The overall incidence rate of intracranial hemorrhage was 0.5%; there was not a significant increase in the incidence in patients treated with bivalirudin compared to patients treated with heparin. Furthermore, White said, there was a not a significant increase in other severe bleeding or other blood transfusions in bivalirudin patients compared to heparin patients.
What about the bleeding?
These drug trials are moving toward finding a cardiovascular drug therapy that would have a lower overall incidence of intracranial bleeds, says David Roffman, PharmD, BCPS, associate professor at the University of Maryland School of Pharmacy in Baltimore. However, the jury is still out on the results.
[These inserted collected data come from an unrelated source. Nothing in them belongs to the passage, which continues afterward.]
//! The loop of a viewer for one server, as README.md has it.

use crate::{Viewer, ViewerEvent, ViewerSetup};
use rfb_picture::Rect;
use rfb_pixel::{Colour, Format};
use std::alloc::{AllocError, Global};
use std::test::Fail;

const WHOLE: Rect = Rect {
    x: 0,
    y: 0,
    w: 2,
    h: 1,
};

// What a server sends, as it comes: the handshake of 3.8, with a screen of two places by one in
// rgb888 and the name t; and one update, in Raw, of a black place and an orange one.
const CAME: &[&[u8]] = &[
    b"RFB 003.008\n\x01",
    b"\x01\0\0\0\0\0\x02\0\x01\x20\x18\0\x01\0\xFF\0\xFF\0\xFF\x10\x08\0\0\0\0",
    b"\0\0\0\x01t\0\0\0\x01",
    b"\0\0\0\0\0\x02\0\x01\0\0\0\0\0\0\0\0\x08\x80",
    b"\xFF\0",
];

// What it is sent: the version, None and the shared-flag. Then SetPixelFormat to rgb888,
// SetEncodings with CopyRect, Hextile, RRE and Raw, a request for all, and one for what changed.
const SENT: &[u8] =
    b"RFB 003.008\n\x01\x01\0\0\0\0\x20\x18\0\x01\0\xFF\0\xFF\0\xFF\x10\x08\0\0\0\0\x02\0\0\x04\0\0\0\x01\0\0\0\x05\0\0\0\x02\0\0\0\0\x03\0\0\0\0\0\0\x02\0\x01\x03\x01\0\0\0\0\0\x02\0\x01";

// What a viewer of one server does with bytes that came: it takes them all and answers; it asks for
// all once it is ready, and for what changed after each update.
fn view(viewer: &mut Viewer, came: &[u8], sent: &mut Vec<u8>) -> Result<(), Fail> {
    let mut rest = came;
    while !rest.is_empty() {
        let fed = viewer.feed(rest)?;
        rest = &rest[fed.used..];
        if let Some(event) = &fed.event {
            sent.extend_from_slice(event.reply())?;
        }
        match fed.event {
            Some(ViewerEvent::Ready { .. }) => {
                sent.extend_from_slice(&viewer.request(false, WHOLE)?)?;
            }
            Some(ViewerEvent::UpdateDone) => {
                sent.extend_from_slice(&viewer.request(true, WHOLE)?)?;
            }
            _ => {}
        }
    }
    Ok(())
}

// Orange is seen through rgb888 as FF, 80 and 08, each times 257.
const ORANGE: Colour = Colour {
    r: 65_535,
    g: 32_896,
    b: 2_056,
};

fn shows_orange(viewer: &Viewer) -> bool {
    match viewer.picture() {
        Some(picture) if picture.width() == 2 && picture.height() == 1 => {
            picture.at(1, 0) == ORANGE
        }
        _ => false,
    }
}

fn views_all(viewer: &mut Viewer, alloc: Global) -> Result<bool, Fail> {
    let mut sent = Vec::new(alloc);
    for came in CAME {
        view(viewer, came, &mut sent)?;
    }
    Ok(sent.as_slice() == SENT && shows_orange(viewer))
}

fn views_one_server(alloc: Global) -> Result<bool, Fail> {
    let mut viewer = Viewer::of(alloc, ViewerSetup::usual(Format::rgb888()));
    let viewed = views_all(&mut viewer, alloc);
    drop(viewer);
    viewed
}

#[test]
fn a_viewer_for_one_server_is_a_loop(rt: HostRuntime) -> Result<(), Fail> {
    assert!(rt; views_one_server(rt.alloc())?);
    Ok(())
}
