//! Messages after the handshake: the event of each, and at which byte.

use super::play::{Step, Told, plays_at_rgb888, tells};
use super::*;
use crate::ViewerFault;

// Whether a viewer of 2 by 1 places goes through these steps.
fn plays_2_by_1(alloc: Global, steps: &[Step<'_>]) -> bool {
    plays_at_rgb888(alloc, HELLO_2_BY_1, steps)
}

// A bell after a text of five bytes, where four are kept; and the text but its last byte.
const TEXT: &[u8] = b"\x03\0\0\0\0\0\0\x05ABCDE\x02";

const TEXT_FRONT: &[u8] = b"\x03\0\0\0\0\0\0\x05ABCD";

const TEXTS: &[Step<'static>] = &[
    Step::Feed(TEXT, 13, Told::Text(b"ABCD", 5)),
    Step::Feed(b"\x02", 1, Told::Bell),
    Step::Feed(TEXT_FRONT, 12, Told::Nothing),
    Step::Feed(b"\x02\x02", 1, Told::Text(b"ABCD", 5)),
    Step::Feed(b"\x02\x02", 1, Told::Bell),
    Step::Feed(b"\x03\0\0\0\0\0\0\0\x02", 8, Told::Text(b"", 0)),
    Step::Feed(b"\x03\xFF\xFF\xFF\0\0\0\x01A\x02", 9, Told::Text(b"A", 1)),
];

#[test]
fn a_text_is_kept_up_to_the_limit_and_told_at_its_last_byte(rt: HostRuntime) {
    assert!(rt; plays_2_by_1(rt.alloc(), TEXTS));
}

// Two colours from the third on.
const TWO_COLOURS: &[u8] =
    b"\x01\0\0\x02\0\x02\x01\x02\x03\x04\x05\x06\x07\x08\x09\x0A\x0B\x0C\x02";

// Those two; none; and one in parts.
const COLOURS: &[Step<'static>] = &[
    Step::Feed(TWO_COLOURS, 18, Told::ColourMapSkipped),
    Step::Feed(b"\x02", 1, Told::Bell),
    Step::Feed(b"\x01\xFF\xFF\xFF\0\0\x02", 6, Told::ColourMapSkipped),
    Step::Feed(b"\x01\0\0\0\0\x01\0\0\0\0\0", 11, Told::Nothing),
    Step::Feed(b"\0\x02", 1, Told::ColourMapSkipped),
];

#[test]
fn colours_are_skipped_to_the_last_one(rt: HostRuntime) {
    assert!(rt; plays_2_by_1(rt.alloc(), COLOURS));
}

// Whether as many colours as a message can have, of six bytes each, are skipped in slices of 4,096
// bytes.
fn skips_slices(viewer: &mut Viewer) -> bool {
    let slice = [7; 4_096];
    let mut good = true;
    for _ in 0..95 {
        good &= tells(viewer, &slice, 4_096, Told::Nothing);
    }
    good && tells(viewer, &slice, 4_090, Told::ColourMapSkipped)
}

fn skips_the_longest(alloc: Global) -> bool {
    let mut viewer = ready(alloc, Format::rgb888(), HELLO_2_BY_1);
    tells(&mut viewer, b"\x01\0\0\0\xFF\xFF", 6, Told::Nothing) && skips_slices(&mut viewer)
}

// A colour map of the greatest count of colours.
#[test]
fn the_longest_colour_map_is_skipped_slice_by_slice(rt: HostRuntime) {
    assert!(rt; skips_the_longest(rt.alloc()));
}

const OF_NO_RECTANGLES: &[Step<'static>] = &[
    Step::Feed(b"\0\xFF\0\0\0", 4, Told::UpdateDone),
    Step::Feed(b"\0\0\0\0", 4, Told::UpdateDone),
    Step::Shows(&[BLACK, BLACK]),
];

#[test]
fn an_update_of_no_rectangles_is_done_at_its_head(rt: HostRuntime) {
    assert!(rt; plays_2_by_1(rt.alloc(), OF_NO_RECTANGLES));
}

const TWO_IN_RAW: &[u8] = b"\0\0\0\x02\0\x02\0\x01\0\0\0\0\0\0\0\0\0\0\0\0\0\0\0\x01\0\0\0\0\x02";

const ONE_COPIED: &[u8] = b"\0\0\0\x01\0\x02\0\0\0\0\0\x01\0\0\0\x01\0\0\0\0\x02";

// Rectangles of no place have no data in Raw, a source in CopyRect.
const OF_NO_PLACE: &[Step<'static>] = &[
    Step::Feed(TWO_IN_RAW, 28, Told::UpdateDone),
    Step::Feed(ONE_COPIED, 20, Told::UpdateDone),
    Step::Feed(b"\x02", 1, Told::Bell),
];

#[test]
fn a_rectangle_of_no_place_is_done_with_its_head(rt: HostRuntime) {
    assert!(rt; plays_2_by_1(rt.alloc(), OF_NO_PLACE));
}

// Whether this type of a message is refused after a bell, whatever follows.
fn is_unknown(alloc: Global, kind: u8) -> bool {
    let fault = ViewerFault::UnknownMessage(kind);
    let steps = [
        Step::Feed(&[2, kind], 1, Told::Bell),
        Step::Fail(&[kind, 2], fault),
        Step::Fail(b"\x02\x02", fault),
        Step::Fail(b"", fault),
        Step::Shows(&[BLACK, BLACK]),
    ];
    plays_2_by_1(alloc, steps.as_slice())
}

#[test]
fn an_unknown_type_is_refused_at_once_and_for_good(rt: HostRuntime) {
    for kind in [4, 5, 0xFF] {
        assert!(rt; is_unknown(rt.alloc(), kind));
    }
}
"We are talking about huge populations of patients in multiple studies before we can really come to that conclusion," he says. "The incidence of intracranial bleeds is still less than 1%. If it turns out that this [therapy] looks to be the safest, I think this is the way people will tend to go."
The evidence, however, tends to show that primary angioplasty is less risky because it doesn’t involve the intracranial hemorrhage issue. That makes the discussion about full-dose vs. half-dose thrombolytic mute, he says.